* **Requirement**: As the answer, set down the lines below from the one containing "impl<'a> Model for SeenSlot<'a>" through the one containing "return Ok((key, None));", exactly and inclusively, and no others.

*** Opening Data extracts ***

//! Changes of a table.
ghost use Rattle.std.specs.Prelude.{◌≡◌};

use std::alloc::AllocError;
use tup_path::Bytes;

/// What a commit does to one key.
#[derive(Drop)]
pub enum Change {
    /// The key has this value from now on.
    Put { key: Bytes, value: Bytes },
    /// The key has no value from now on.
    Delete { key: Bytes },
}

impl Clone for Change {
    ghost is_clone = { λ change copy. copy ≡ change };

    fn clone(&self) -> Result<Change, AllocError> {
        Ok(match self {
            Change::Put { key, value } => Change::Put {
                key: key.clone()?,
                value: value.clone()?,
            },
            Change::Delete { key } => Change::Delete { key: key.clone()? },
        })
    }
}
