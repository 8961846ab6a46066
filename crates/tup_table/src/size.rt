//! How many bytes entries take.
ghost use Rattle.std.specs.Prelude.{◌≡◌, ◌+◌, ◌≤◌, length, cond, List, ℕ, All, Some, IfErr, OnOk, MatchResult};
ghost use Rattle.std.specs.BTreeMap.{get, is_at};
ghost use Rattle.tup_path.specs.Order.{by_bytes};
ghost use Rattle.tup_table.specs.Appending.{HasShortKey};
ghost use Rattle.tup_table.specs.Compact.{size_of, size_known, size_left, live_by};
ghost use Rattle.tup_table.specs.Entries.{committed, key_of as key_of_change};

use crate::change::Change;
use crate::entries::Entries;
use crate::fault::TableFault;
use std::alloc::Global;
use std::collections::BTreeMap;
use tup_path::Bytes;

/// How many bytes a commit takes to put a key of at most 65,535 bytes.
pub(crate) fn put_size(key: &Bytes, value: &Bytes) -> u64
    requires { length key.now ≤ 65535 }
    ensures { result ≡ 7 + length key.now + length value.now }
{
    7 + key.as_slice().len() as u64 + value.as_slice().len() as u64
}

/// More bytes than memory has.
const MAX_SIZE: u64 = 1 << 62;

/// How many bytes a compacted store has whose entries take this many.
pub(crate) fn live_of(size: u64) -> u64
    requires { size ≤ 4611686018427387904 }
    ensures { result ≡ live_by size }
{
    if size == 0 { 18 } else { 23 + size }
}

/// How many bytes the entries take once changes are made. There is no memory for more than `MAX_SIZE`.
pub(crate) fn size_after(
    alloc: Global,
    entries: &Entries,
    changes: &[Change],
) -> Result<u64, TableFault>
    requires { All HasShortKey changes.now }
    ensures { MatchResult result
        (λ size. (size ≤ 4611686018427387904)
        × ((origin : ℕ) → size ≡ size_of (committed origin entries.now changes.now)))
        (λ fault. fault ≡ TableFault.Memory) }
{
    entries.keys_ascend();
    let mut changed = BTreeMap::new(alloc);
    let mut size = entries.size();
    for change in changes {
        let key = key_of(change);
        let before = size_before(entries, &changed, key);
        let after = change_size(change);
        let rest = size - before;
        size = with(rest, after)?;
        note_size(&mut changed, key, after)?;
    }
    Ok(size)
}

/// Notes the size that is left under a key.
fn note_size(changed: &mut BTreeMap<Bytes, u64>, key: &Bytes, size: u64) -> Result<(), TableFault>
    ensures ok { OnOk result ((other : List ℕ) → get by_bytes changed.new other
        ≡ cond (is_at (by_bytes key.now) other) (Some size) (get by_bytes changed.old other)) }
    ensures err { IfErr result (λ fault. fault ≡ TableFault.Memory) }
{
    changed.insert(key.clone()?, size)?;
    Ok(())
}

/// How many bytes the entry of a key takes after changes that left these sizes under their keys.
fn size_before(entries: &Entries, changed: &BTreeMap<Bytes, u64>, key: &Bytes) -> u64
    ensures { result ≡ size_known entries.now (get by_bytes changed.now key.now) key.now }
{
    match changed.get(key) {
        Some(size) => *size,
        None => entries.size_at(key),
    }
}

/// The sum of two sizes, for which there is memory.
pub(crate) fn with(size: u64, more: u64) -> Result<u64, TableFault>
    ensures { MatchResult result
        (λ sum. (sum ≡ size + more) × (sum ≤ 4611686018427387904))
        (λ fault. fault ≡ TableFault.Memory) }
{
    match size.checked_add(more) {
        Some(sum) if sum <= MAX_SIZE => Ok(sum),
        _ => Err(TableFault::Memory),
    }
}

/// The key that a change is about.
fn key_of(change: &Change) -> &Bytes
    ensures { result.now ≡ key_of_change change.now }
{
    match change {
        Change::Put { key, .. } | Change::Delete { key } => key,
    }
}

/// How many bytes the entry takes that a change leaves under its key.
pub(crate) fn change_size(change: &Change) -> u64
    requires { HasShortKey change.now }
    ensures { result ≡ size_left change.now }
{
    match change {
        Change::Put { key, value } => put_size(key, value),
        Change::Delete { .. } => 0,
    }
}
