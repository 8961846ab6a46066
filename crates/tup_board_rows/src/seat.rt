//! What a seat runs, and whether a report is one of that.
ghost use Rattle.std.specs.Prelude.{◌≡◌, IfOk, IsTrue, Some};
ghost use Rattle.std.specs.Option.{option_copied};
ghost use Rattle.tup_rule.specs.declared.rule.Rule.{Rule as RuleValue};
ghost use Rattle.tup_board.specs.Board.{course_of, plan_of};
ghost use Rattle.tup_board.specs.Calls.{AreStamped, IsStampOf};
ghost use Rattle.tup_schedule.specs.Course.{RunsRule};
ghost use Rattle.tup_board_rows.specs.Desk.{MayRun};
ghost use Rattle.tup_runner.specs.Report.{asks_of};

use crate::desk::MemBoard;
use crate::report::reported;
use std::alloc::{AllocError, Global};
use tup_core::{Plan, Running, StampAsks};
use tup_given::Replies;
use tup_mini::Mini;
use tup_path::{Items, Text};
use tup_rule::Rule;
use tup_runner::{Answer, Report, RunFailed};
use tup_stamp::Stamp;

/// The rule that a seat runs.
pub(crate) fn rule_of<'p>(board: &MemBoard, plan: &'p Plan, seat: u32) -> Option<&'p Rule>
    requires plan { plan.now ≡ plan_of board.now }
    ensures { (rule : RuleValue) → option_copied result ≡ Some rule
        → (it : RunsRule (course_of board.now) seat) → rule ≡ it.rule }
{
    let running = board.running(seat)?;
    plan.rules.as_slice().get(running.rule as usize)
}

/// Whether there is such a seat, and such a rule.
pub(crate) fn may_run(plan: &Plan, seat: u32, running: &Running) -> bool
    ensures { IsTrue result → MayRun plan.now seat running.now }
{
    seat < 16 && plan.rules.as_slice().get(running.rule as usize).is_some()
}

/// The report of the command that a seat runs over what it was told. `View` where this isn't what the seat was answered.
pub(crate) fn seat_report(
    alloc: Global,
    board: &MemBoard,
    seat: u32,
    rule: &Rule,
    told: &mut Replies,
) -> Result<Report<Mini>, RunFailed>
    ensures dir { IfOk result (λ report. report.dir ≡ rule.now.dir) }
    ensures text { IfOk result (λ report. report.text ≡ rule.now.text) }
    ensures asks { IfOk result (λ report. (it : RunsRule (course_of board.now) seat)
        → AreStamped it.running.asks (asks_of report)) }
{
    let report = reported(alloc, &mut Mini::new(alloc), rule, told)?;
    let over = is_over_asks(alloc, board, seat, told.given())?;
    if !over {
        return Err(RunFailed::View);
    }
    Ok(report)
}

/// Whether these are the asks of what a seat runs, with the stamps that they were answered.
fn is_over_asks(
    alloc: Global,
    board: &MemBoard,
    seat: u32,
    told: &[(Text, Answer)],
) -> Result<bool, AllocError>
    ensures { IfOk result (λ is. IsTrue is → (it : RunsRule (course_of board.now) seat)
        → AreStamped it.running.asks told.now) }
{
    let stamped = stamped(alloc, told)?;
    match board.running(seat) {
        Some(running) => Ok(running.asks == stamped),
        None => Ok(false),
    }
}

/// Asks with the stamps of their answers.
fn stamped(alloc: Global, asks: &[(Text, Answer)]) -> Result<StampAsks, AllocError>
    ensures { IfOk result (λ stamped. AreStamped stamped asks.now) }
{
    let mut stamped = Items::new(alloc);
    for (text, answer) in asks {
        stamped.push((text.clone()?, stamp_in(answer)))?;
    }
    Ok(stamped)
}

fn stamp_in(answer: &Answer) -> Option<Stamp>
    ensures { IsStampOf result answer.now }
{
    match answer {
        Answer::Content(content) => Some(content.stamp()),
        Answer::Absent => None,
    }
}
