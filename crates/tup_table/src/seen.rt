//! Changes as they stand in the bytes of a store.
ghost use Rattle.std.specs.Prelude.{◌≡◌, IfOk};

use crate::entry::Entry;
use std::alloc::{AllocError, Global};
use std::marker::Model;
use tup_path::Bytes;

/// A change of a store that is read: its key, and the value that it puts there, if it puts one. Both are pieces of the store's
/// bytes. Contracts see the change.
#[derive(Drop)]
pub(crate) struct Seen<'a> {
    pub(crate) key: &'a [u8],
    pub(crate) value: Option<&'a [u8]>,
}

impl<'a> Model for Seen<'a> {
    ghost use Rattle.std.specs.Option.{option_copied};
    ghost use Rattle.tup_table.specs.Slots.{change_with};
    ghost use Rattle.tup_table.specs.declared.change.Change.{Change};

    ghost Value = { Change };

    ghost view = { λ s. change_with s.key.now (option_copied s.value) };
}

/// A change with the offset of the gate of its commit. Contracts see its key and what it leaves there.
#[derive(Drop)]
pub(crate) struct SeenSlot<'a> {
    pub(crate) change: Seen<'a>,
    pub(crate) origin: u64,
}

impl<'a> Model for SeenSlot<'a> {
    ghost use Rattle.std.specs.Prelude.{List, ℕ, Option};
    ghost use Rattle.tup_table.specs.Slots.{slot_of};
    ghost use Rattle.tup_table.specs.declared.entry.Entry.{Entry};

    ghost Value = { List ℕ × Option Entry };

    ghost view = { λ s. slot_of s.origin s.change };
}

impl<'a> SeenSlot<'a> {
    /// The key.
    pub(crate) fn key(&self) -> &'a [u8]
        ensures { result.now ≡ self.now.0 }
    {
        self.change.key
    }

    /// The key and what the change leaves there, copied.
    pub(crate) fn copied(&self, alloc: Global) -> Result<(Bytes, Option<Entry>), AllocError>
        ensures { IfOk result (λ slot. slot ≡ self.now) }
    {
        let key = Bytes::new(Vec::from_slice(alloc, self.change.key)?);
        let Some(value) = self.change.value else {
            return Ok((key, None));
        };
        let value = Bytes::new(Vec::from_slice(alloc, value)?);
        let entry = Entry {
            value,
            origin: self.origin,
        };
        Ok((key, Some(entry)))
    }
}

*** Closing Data extracts ***

* **Task solution**:
impl<'a> Model for SeenSlot<'a> {
    ghost use Rattle.std.specs.Prelude.{List, ℕ, Option};
    ghost use Rattle.tup_table.specs.Slots.{slot_of};
    ghost use Rattle.tup_table.specs.declared.entry.Entry.{Entry};

    ghost Value = { List ℕ × Option Entry };

    ghost view = { λ s. slot_of s.origin s.change };
}

impl<'a> SeenSlot<'a> {
    /// The key.
    pub(crate) fn key(&self) -> &'a [u8]
        ensures { result.now ≡ self.now.0 }
    {
        self.change.key
    }

    /// The key and what the change leaves there, copied.
    pub(crate) fn copied(&self, alloc: Global) -> Result<(Bytes, Option<Entry>), AllocError>
        ensures { IfOk result (λ slot. slot ≡ self.now) }
    {
        let key = Bytes::new(Vec::from_slice(alloc, self.change.key)?);
        let Some(value) = self.change.value else {
            return Ok((key, None));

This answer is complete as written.